[Work instructions] Could you reproduce all of the following entries exactly?

[Input data]
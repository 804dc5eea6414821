//! The port at which `serve` listens, and the file of the reference of its object.

use giop_files::report;
use giop_serving::serve::reference::reference_text;
use giop_show::failure::Failure;
use giop_show::status::Status;
use giop_words::ServeWords;
use std::net::{Ipv4Addr, TcpListener};
use std::{fs, io};

/// The address that is listened at, as standard error has it.
pub const HERE: &str = "127.0.0.1";

/// Listens at a port, or where that is 0 at one that is free, writes the file of the reference of
/// the object of this type and key, and says which port it is.
pub(super) fn listen(
    rt: &HostRuntime,
    words: &ServeWords<'_>,
    type_id: &[u8],
    key: &[u8],
) -> Result<TcpListener, Status> {
    match bind(rt, words.port) {
        Ok((listener, port)) => {
            if let Some(file) = words.ior_file {
                write_reference(rt, file, type_id, port, key)?;
            }
            let _ = eprintln!(rt; "giopctl: listening on {HERE}:{port}");
            Ok(listener)
        }
        Err(error) => {
            let failure = Failure::connection(error);
            let _ = eprintln!(rt; "giopctl: {HERE}:{}: {failure}", words.port);
            Err(failure.status())
        }
    }
}

// A listener at a port, or at a free one where that is 0, and its port.
fn bind(rt: &HostRuntime, port: u16) -> io::Result<(TcpListener, u16)> {
    let listener = TcpListener::bind(rt, (Ipv4Addr::LOCALHOST, port))?;
    let port = listener.local_addr()?.port();
    Ok((listener, port))
}

// Writes the text of the object's reference, and a newline, to a file.
fn write_reference(
    rt: &HostRuntime,
    file: &str,
    type_id: &[u8],
    port: u16,
    key: &[u8],
) -> Result<(), Status> {
    let Ok(mut text) = reference_text(rt.alloc(), type_id, HERE.as_bytes(), port, key) else {
        return Err(report::status_of(rt, file, Err(Failure::Memory)));
    };
    if text.push(b'\n').is_err() {
        return Err(report::status_of(rt, file, Err(Failure::Memory)));
    }
    match fs::write(rt, file, text) {
        Ok(()) => Ok(()),
        Err(error) => Err(report::status_of(rt, file, Err(Failure::input(error)))),
    }
}
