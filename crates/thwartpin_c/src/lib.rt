// The exports of the C face. Each hands its call on to crate thwartpin, and promises what that call promises. C has no generics: so there
// is a function for each call.
#![tactic(auto)]

ghost use Rattle.thwartpin.specs.Lists.{areas, TellsDecided, TellsForced, TellsClash, TellsMoved, TellsTies, TellsRead};
ghost use Rattle.thwartpin.specs.Hosts.{HostDecides, HostMoves};

#[unsafe(no_mangle)]
pub extern "C" fn thwartpin_list_decide(
    n: usize,
    words: &[u16],
    rota: &mut [u8],
    work: &mut [u16],
    out: &mut [u64],
) -> u32
    ensures { TellsDecided n words.now rota.old work.old out.old result (areas rota.new work.new) out.new }
{
    thwartpin::thwartpin_list_decide(n, words, rota, work, out)
}

#[unsafe(no_mangle)]
pub extern "C" fn thwartpin_list_forced(
    n: usize,
    words: &[u16],
    forced: &mut [u8],
    work: &mut [u16],
    out: &mut [u64],
) -> u32
    ensures { TellsForced n words.now forced.old work.old out.old result (areas forced.new work.new) out.new }
{
    thwartpin::thwartpin_list_forced(n, words, forced, work, out)
}

#[unsafe(no_mangle)]
pub extern "C" fn thwartpin_list_clash(
    n: usize,
    words: &[u16],
    chain: &mut [u16],
    work: &mut [u16],
    out: &mut [u64],
) -> u32
    ensures { TellsClash n words.now chain.old work.old out.old result (areas chain.new work.new) out.new }
{
    thwartpin::thwartpin_list_clash(n, words, chain, work, out)
}

#[unsafe(no_mangle)]
pub extern "C" fn thwartpin_list_next(
    n: usize,
    words: &[u16],
    rota: &mut [u8],
    work: &mut [u16],
    out: &mut [u64],
) -> u32
    ensures { TellsMoved n words.now rota.old work.old out.old result (areas rota.new work.new) out.new }
{
    thwartpin::thwartpin_list_next(n, words, rota, work, out)
}

#[unsafe(no_mangle)]
pub extern "C" fn thwartpin_list_ties(
    n: usize,
    words: &[u16],
    ties: &mut [u16],
    work: &mut [u16],
    out: &mut [u64],
) -> u32
    ensures { TellsTies n words.now ties.old work.old out.old result (areas ties.new work.new) out.new }
{
    thwartpin::thwartpin_list_ties(n, words, ties, work, out)
}

#[unsafe(no_mangle)]
pub extern "C" fn thwartpin_read_book(book: &[u8], words: &mut [u16], out: &mut [u64]) -> u32
    ensures { TellsRead book.now words.old out.old result words.new out.new }
{
    thwartpin::thwartpin_read_book(book, words, out)
}

#[unsafe(no_mangle)]
pub extern "C" fn thwartpin_decide(book: &[u8], rota: &mut [u8]) -> u32
    ensures { HostDecides book.now rota.old result rota.new }
{
    thwartpin::thwartpin_decide(book, rota)
}

#[unsafe(no_mangle)]
pub extern "C" fn thwartpin_next(book: &[u8], rota: &mut [u8]) -> u32
    ensures { HostMoves book.now rota.old result rota.new }
{
    thwartpin::thwartpin_next(book, rota)
}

[Exercise output]
repository 804dc5eea6414821
//! The port at which `serve` listens, and the file of the reference of its object.

use giop_files::report;
use giop_serving::serve::reference::reference_text;
use giop_show::failure::Failure;
use giop_show::status::Status;
use giop_words::ServeWords;
use std::net::{Ipv4Addr, TcpListener};
use std::{fs, io};

/// The address that is listened at, as standard error has it.
pub const HERE: &str = "127.0.0.1";

/// Listens at a port, or where that is 0 at one that is free, writes the file of the reference of
/// the object of this type and key, and says which port it is.
pub(super) fn listen(
    rt: &HostRuntime,
    words: &ServeWords<'_>,
    type_id: &[u8],
    key: &[u8],
) -> Result<TcpListener, Status> {
    match bind(rt, words.port) {
        Ok((listener, port)) => {
            if let Some(file) = words.ior_file {
                write_reference(rt, file, type_id, port, key)?;
            }
            let _ = eprintln!(rt; "giopctl: listening on {HERE}:{port}");
            Ok(listener)
        }
        Err(error) => {
            let failure = Failure::connection(error);
            let _ = eprintln!(rt; "giopctl: {HERE}:{}: {failure}", words.port);
            Err(failure.status())
        }
    }
}

// A listener at a port, or at a free one where that is 0, and its port.
fn bind(rt: &HostRuntime, port: u16) -> io::Result<(TcpListener, u16)> {
    let listener = TcpListener::bind(rt, (Ipv4Addr::LOCALHOST, port))?;
    let port = listener.local_addr()?.port();
    Ok((listener, port))
}

// Writes the text of the object's reference, and a newline, to a file.
fn write_reference(
    rt: &HostRuntime,
    file: &str,
    type_id: &[u8],
    port: u16,
    key: &[u8],
) -> Result<(), Status> {
    let Ok(mut text) = reference_text(rt.alloc(), type_id, HERE.as_bytes(), port, key) else {
        return Err(report::status_of(rt, file, Err(Failure::Memory)));
    };
    if text.push(b'\n').is_err() {
        return Err(report::status_of(rt, file, Err(Failure::Memory)));
    }
    match fs::write(rt, file, text) {
        Ok(()) => Ok(()),
        Err(error) => Err(report::status_of(rt, file, Err(Failure::input(error)))),
    }
}
filename crates/thwartpin_c/src/lib.rt
// The exports of the C face. Each hands its call on to crate thwartpin, and promises what that call promises. C has no generics: so there
// is a function for each call.
#![tactic(auto)]

ghost use Rattle.thwartpin.specs.Lists.{areas, TellsDecided, TellsForced, TellsClash, TellsMoved, TellsTies, TellsRead};
ghost use Rattle.thwartpin.specs.Hosts.{HostDecides, HostMoves};

#[unsafe(no_mangle)]
pub extern "C" fn thwartpin_list_decide(
    n: usize,
    words: &[u16],
    rota: &mut [u8],
    work: &mut [u16],
    out: &mut [u64],
) -> u32
    ensures { TellsDecided n words.now rota.old work.old out.old result (areas rota.new work.new) out.new }
{
    thwartpin::thwartpin_list_decide(n, words, rota, work, out)
}

#[unsafe(no_mangle)]
pub extern "C" fn thwartpin_list_forced(
    n: usize,
    words: &[u16],
    forced: &mut [u8],
    work: &mut [u16],
    out: &mut [u64],
) -> u32
    ensures { TellsForced n words.now forced.old work.old out.old result (areas forced.new work.new) out.new }
{
    thwartpin::thwartpin_list_forced(n, words, forced, work, out)
}

#[unsafe(no_mangle)]
pub extern "C" fn thwartpin_list_clash(
    n: usize,
    words: &[u16],
    chain: &mut [u16],
    work: &mut [u16],
    out: &mut [u64],
) -> u32
    ensures { TellsClash n words.now chain.old work.old out.old result (areas chain.new work.new) out.new }
{
    thwartpin::thwartpin_list_clash(n, words, chain, work, out)
}

#[unsafe(no_mangle)]
pub extern "C" fn thwartpin_list_next(
    n: usize,
    words: &[u16],
    rota: &mut [u8],
    work: &mut [u16],
    out: &mut [u64],
) -> u32
    ensures { TellsMoved n words.now rota.old work.old out.old result (areas rota.new work.new) out.new }
{
    thwartpin::thwartpin_list_next(n, words, rota, work, out)
}

#[unsafe(no_mangle)]
pub extern "C" fn thwartpin_list_ties(
    n: usize,
    words: &[u16],
    ties: &mut [u16],
    work: &mut [u16],
    out: &mut [u64],
) -> u32
    ensures { TellsTies n words.now ties.old work.old out.old result (areas ties.new work.new) out.new }
{
    thwartpin::thwartpin_list_ties(n, words, ties, work, out)
}

#[unsafe(no_mangle)]
pub extern "C" fn thwartpin_read_book(book: &[u8], words: &mut [u16], out: &mut [u64]) -> u32
    ensures { TellsRead book.now words.old out.old result words.new out.new }
{
    thwartpin::thwartpin_read_book(book, words, out)
}

#[unsafe(no_mangle)]
pub extern "C" fn thwartpin_decide(book: &[u8], rota: &mut [u8]) -> u32
    ensures { HostDecides book.now rota.old result rota.new }
{
    thwartpin::thwartpin_decide(book, rota)
}

#[unsafe(no_mangle)]
pub extern "C" fn thwartpin_next(book: &[u8], rota: &mut [u8]) -> u32
    ensures { HostMoves book.now rota.old result rota.new }
{
    thwartpin::thwartpin_next(book, rota)
}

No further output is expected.